**Materials provided**
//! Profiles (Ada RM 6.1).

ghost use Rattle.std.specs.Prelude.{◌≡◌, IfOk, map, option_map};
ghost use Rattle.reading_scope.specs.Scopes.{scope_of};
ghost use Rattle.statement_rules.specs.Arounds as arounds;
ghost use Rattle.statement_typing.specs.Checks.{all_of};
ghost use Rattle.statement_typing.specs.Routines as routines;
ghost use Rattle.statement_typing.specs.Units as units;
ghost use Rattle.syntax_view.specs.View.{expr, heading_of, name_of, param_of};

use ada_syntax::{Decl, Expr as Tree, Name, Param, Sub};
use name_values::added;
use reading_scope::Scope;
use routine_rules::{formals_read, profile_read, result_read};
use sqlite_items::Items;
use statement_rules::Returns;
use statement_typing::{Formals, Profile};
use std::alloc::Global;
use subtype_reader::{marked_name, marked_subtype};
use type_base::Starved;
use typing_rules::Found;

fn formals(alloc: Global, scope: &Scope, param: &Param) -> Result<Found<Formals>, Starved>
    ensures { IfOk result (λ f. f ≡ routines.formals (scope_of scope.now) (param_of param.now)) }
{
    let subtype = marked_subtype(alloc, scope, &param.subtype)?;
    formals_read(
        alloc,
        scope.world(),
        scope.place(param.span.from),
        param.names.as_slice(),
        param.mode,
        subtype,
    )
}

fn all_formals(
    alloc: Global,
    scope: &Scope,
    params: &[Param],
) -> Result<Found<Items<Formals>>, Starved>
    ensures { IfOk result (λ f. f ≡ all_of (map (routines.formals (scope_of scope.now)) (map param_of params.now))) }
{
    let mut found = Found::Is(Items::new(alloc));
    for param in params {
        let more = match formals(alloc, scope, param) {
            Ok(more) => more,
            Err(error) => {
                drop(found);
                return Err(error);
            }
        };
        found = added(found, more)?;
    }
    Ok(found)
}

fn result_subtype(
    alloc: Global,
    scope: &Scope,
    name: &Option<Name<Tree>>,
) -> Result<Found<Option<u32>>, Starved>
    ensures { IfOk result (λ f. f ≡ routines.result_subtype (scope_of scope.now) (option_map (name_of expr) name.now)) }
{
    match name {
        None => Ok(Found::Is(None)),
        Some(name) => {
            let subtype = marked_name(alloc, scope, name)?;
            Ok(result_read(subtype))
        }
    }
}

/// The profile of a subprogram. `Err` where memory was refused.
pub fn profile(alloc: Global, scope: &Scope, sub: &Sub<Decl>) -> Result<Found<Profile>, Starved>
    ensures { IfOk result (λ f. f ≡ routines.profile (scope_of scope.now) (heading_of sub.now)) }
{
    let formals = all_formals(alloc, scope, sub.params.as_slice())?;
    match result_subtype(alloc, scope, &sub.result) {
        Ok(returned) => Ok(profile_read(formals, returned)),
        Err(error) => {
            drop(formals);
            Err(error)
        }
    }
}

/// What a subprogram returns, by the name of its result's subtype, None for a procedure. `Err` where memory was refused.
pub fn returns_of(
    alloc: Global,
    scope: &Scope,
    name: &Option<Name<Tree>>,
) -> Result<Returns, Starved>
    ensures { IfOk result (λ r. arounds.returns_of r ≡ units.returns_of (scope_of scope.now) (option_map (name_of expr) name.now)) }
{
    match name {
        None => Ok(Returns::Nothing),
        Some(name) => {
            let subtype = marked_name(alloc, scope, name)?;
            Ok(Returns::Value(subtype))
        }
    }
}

**Directions**
Return every line in the listing that contains the word "routines".

**Result of this exercise**
ghost use Rattle.statement_typing.specs.Routines as routines;
    ensures { IfOk result (λ f. f ≡ routines.formals (scope_of scope.now) (param_of param.now)) }
    ensures { IfOk result (λ f. f ≡ all_of (map (routines.formals (scope_of scope.now)) (map param_of params.now))) }
    ensures { IfOk result (λ f. f ≡ routines.result_subtype (scope_of scope.now) (option_map (name_of expr) name.now)) }
    ensures { IfOk result (λ f. f ≡ routines.profile (scope_of scope.now) (heading_of sub.now)) }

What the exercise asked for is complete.